ABOVE: Dylan is somewhere in this picture, but it's aaaaaall his fault.
"Street Rock"? A 10-second cameo on a Kurtis Blow rap-song? Doesn't count.
"All The Tired Horses"? A deliberately hypnotic repetition of a couplet, and sung by a women's chorus even? Doesn't count- and it's actually an interesting piece of music.
-Now let's do the ones that are actually REALLY GOOD SONGS:
"Forever Young"? Hmmm, it's powerful, moving, feels like a timeless blessing, and it's so good that when Rod Stewart ripped it off shamelessly, it still came across as a decent song?
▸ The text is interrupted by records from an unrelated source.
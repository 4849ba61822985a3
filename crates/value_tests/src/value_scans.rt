//! Values of each type, and of a type of another crate, scanned under a key that the caller gives.

use crate::value_copies::is_composed;
use crate::weight::Weight;
use registry::{ComposeSvcParamValue, SvcParamKey, SvcParamValue};
use std::alloc::Global;
use svcb_list::{Alpn, Ipv4Hint, Ipv6Hint, Mandatory, TlsSupportedGroups};
use svcb_text::{AllValues, ScanSvcParamValue};
use svcb_value::{DohPath, Ech, NoDefaultAlpn, Ohttp, Port, UnknownSvcParam};
use text_spec::ScanError;

/// The value that a text spells under a key.
fn scan<V: ScanSvcParamValue>(
    alloc: Global,
    key: u16,
    text: &[u8],
) -> Result<Option<V>, ScanError> {
    V::value_from_scan_octets(alloc, SvcParamKey::from(key), text)
}

/// Whether a text spells a value of these octets under a key.
fn spells<V: ScanSvcParamValue + ComposeSvcParamValue + Drop>(
    alloc: Global,
    key: u16,
    text: &[u8],
    octets: &[u8],
) -> Result<bool, ScanError> {
    let Some(value) = scan::<V>(alloc, key, text)? else {
        return Ok(false);
    };
    Ok(u16::from(value.key()) == key && is_composed(alloc, &value, octets)?)
}

/// Whether a text spells a value of these octets under the type's key, and the type does not take another key.
fn spells_alone<V: ScanSvcParamValue + ComposeSvcParamValue + Drop>(
    alloc: Global,
    key: u16,
    text: &[u8],
    octets: &[u8],
) -> Result<bool, ScanError> {
    let other = scan::<V>(alloc, 667, text)?;
    Ok(other.is_none() && spells::<V>(alloc, key, text, octets)?)
}

#[test]
fn lists_are_of_their_own_key(rt: HostRuntime) {
    let alloc = rt.alloc();
    assert!(rt; spells_alone::<Mandatory>(alloc, 0, b"port,alpn", b"\0\x01\0\x03") == Ok(true));
    assert!(rt; spells_alone::<Alpn>(alloc, 1, b"a\\,b,h2", b"\x03a,b\x02h2") == Ok(true));
    assert!(rt; spells_alone::<Ipv4Hint>(alloc, 4, b"192.0.2.1", b"\xc0\0\x02\x01") == Ok(true));
    let octets = b"\x20\x01\x0d\xb8\0\0\0\0\0\0\0\0\0\0\0\x01";
    assert!(rt; spells_alone::<Ipv6Hint>(alloc, 6, b"2001:db8::1", octets) == Ok(true));
    assert!(rt;
        spells_alone::<TlsSupportedGroups>(alloc, 9, b"29,23", b"\0\x1d\0\x17") == Ok(true)
    );
}

#[test]
fn other_values_are_of_their_own_key(rt: HostRuntime) {
    let alloc = rt.alloc();
    assert!(rt; spells_alone::<NoDefaultAlpn>(alloc, 2, b"", b"") == Ok(true));
    assert!(rt; spells_alone::<Port>(alloc, 3, b"53", b"\0\x35") == Ok(true));
    assert!(rt; spells_alone::<Ech>(alloc, 5, b"a2V5", b"key") == Ok(true));
    assert!(rt; spells_alone::<DohPath>(alloc, 7, b"/q{?dns}", b"/q{?dns}") == Ok(true));
    assert!(rt; spells_alone::<Ohttp>(alloc, 8, b"", b"") == Ok(true));
}

#[test]
fn values_of_every_key_are_scanned(rt: HostRuntime) {
    let alloc = rt.alloc();
    assert!(rt; spells::<UnknownSvcParam>(alloc, 3, b"a,=\xff", b"a,=\xff") == Ok(true));
    assert!(rt; spells::<AllValues>(alloc, 3, b"53", b"\0\x35") == Ok(true));
    assert!(rt; spells::<AllValues>(alloc, 667, b"hello\xd2qoo", b"hello\xd2qoo") == Ok(true));
}

#[test]
fn a_type_of_another_crate_is_scanned(rt: HostRuntime) {
    let alloc = rt.alloc();
    assert!(rt; scan::<Weight>(alloc, 65280, b"263") == Ok(Some(Weight(263))));
    assert!(rt; scan::<Weight>(alloc, 65280, b"65536") == Err(ScanError::BadNumber));
    assert!(rt; scan::<Weight>(alloc, 3, b"7") == Ok(None));
}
"Rainy Day Women #12 and 35"? Also kind of a classic hit? A groundbreaking, one of a kind subversive joke. Yes, it becomes slight with repetition (like many a Beatles "experiment" of the day) but the critic questions, of all things, its placing as the opener track, suggesting Dylan was "not sober" when choosing the listing. The song is PERFECT as the opener track, welcoming you into a druggy, visionary, irreverent carnival. Anywhere else (second, third)- THEN it would have been the song that angers you and stops things from flowing. Similarly, "Sad Eyed Lady of the Lowlands"- which the critic pays lip service to- ONLY works as the ENDING track, after you're sufficiently prepared for it. If its 11 minutes and 23 seconds had opened "Blonde on Blonde"... well, the whole thing might have a few less fans. Again: what's galling about the critic's comments about drunken track listings is that "BoB" is THE perfectly sequenced album, one of the pioneers of the now imperiled idea that the order in which you heard a collection of songs actually mattered.
"Wiggle Wiggle"? This song isn't bad at all, it's just deliberately silly and humorous. One guesses the critic never took much pleasure on Mother Goose.
"Tight Connection to My Heart"? This one I actually like a lot. Yes, there's that '80s production, and Bob is almost always wrong in the idea that a women's choir helps his songs, but the song itself? Lyrics and structure? Perfectly good.
- That leaves us with three actual bad songs in this list: "Sarah Jane," "Ninety Miles an Hour," and "They Killed Him." But one has to quibble with the last choice. "They Killed Him" doesn't suck because it has a children's choir. That's a convenient evasion of the truth. There IS a cloying children's choir, but it's what the kids are saying that's a little problematic, and shows Bob's Christianity to be, well, childish. Things start well enough, but once it jumps from the secular to the gospel, it feels like we're being accosted by a preacher who totally plans to get around to reading the Bible one of these days. We hear the deeds of three great men, Gandhi, Martin Luther King, Jesus- And the bastards had to kill them. A secular connection makes absolute sense, but Bob is not secular here: he's property of Jesus, and he blends the three stories, to THIS unfortunate effect:
"There was a man called Mahatma Gandhi who was the only Son of Jesus Christ! And there was another one, Martin Luther King, Jr. but he wasn't as good as the son of the Almighty King, because that one was Jesus, and these three men are the same thing, but not the same, and my God, they killed him! Screw this song, I'll let a bunch of little kids finish it for me."
THAT said, if you have one of those bumper sticker that says "Real Men Love Jesus On Their Knees," this song might even make you cry, so I don't think it honestly belongs on this list either. (EDIT: AND I'm told it's actually a Kris Kristofferson song, so this one also DOESN'T COUNT. Kristofferson's take doesn't have the confusing, blending "MLK-is-Jesus-is-Ghandi" chorus. That doesn't really turn it into a good song, but at least it makes its pieties less accidentally blasphemous.)
Has Dylan REALLY only written two or three bad songs? Out of some alleged 500? That can't be right. Informed, alternative lists of Dylan's ten shit songs would be welcome!